Brasilien, heißt es, sei ein «Land der Zukunft». Diesen Beinamen hat das größte und bevölkerungsreichste Land in Lateinamerika durch das Buch des österreichischen Schriftstellers Stefan Zweig mit eben diesem Titel einst bekommen – und trägt ihn seit Erscheinen 1941 bis heute. Fast alles ist hier nach vorne gerichtet. Im Fall von Thomas Mann, Literaturnobelpreisträger und mit Zweig einer der meistgelesenen deutschsprachigen Autoren jener Zeit, und seiner Mutter Julia Mann wurde die Geschichte jedoch wieder belebt.

Das Haus, in dem die Deutsch-Brasilianerin Julia da Silva Bruhns, Tochter eines Deutschen und einer Brasilianerin aus Angra dos Reis, in Paraty aufgewachsen war, wurde restauriert. Sie starb als Julia Mann am 11. März 1923 in Weßling. Kurz vor Ende ihres 100. Todesjahres luden die brasilianischen Eigentümer des «Casarã o do Engenho Boa Vista» rund um den Segler und Abenteurer Amyr Klink die Stadt und Vertreter der Denkmalschutzbehörde Iphan sowie der Naturschutzbehörde ICMBio zur Eröffnung des ins tand gesetzten Hauses. «Das Haus war in einem Zustand …», murmelte Klink. Der 68-Jährige ist in Brasilien bekannt wie Reinhold Messner im deutschsprachigen Raum.

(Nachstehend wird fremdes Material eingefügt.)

// How a cover is made, and taken apart.
ghost use Rattle.std.specs.Prelude.{◌≡◌, ℕ, false, length, IfOk, vec_len};
ghost use Rattle.std.specs.Result.{result_err};
ghost use Rattle.cover.specs.Entries.{unmarked};
ghost use Rattle.cover.specs.Made.{cover_refusal, cover_blocks};
ghost use Rattle.cover.specs.Meaning.{entries, contents, covers};

use crate::Cover;
use crate::block_table::BlockTable;
use device::{BasedBuf, DeviceError, Geometry};

impl<'a> Cover<'a> {
    // A cover over `medium`, with as many blocks to write as `buf` has, at most 64. Refused where the medium does not begin
    // at the place 0 or passes the capacity.
    pub fn new(
        block_size: u64,
        capacity: u64,
        medium: BasedBuf<'a>,
        buf: Vec<u8>,
    ) -> Result<Cover<'a>, DeviceError>
        ensures reply { result_err result ≡ cover_refusal block_size capacity medium.entry.offset (length medium.entry.buf.now) }
        ensures numbers { IfOk result (λ c. (c.geometry.capacity ≡ capacity) × (c.geometry.block_size ≡ block_size)) }
        ensures bytes { IfOk result (λ c. contents c ≡ medium.entry.buf.now) }
        ensures loose { IfOk result (λ c. (b : ℕ) → covers c b ≡ false) }
        ensures spare { IfOk result (λ c. unmarked (entries c) ≡ cover_blocks block_size (vec_len buf)) }
    {
        let geometry = Geometry::new(block_size, capacity)?;
        let len = medium.buf.len() as u64;
        if medium.offset != 0 || len > capacity {
            return Err(DeviceError::Outside);
        }
        let table = BlockTable::new(buf.len() / block_size as usize);
        Ok(Cover {
            medium: medium.buf,
            buf,
            table,
            len,
            geometry,
        })
    }

    // The buffer of the cover blocks.
    pub fn into_buffer(self) -> Vec<u8>
        ensures { result ≡ self.entry.buf }
    {
        let Cover {
            medium: _,
            buf,
            table: _,
            len: _,
            geometry: _,
        } = self;
        buf
    }
}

Als Amyr Klink das Herrenhaus rund 250 Kilometer von Rio de Janeiro 2013 erwarb, stand es kurz vor dem Verfall. Das Dach war teilweise eingestürzt. Zehn Jahre später sah das Gebäude aus wie neu. Offene Fensterläden und Balkontüren, einladende Holztische und Stühle, vom Balkon der Blick über Strand und Meer bis zum Gebirge «Serra do Mar». Doch es stellte sich auch die Frage: Was soll aus dem Anwesen und damit auch aus dem brasilianischen Erbe Julia Manns werden? Der Thomas-Mann-Enkel, Psychologe und Schriftsteller Frido Mann hatte sich lange dafür eingesetzt. Eine Delegation um Paratys damaligen Bürgermeister war 2024 in Lübeck gewesen. Luciano Vidal wollte die Gründung eines «Museu Mann» fördern, hielt in Deutschland nach Partnern Ausschau. Die neue Stadtregierung hat weniger Interesse an Kultur und Geschichte.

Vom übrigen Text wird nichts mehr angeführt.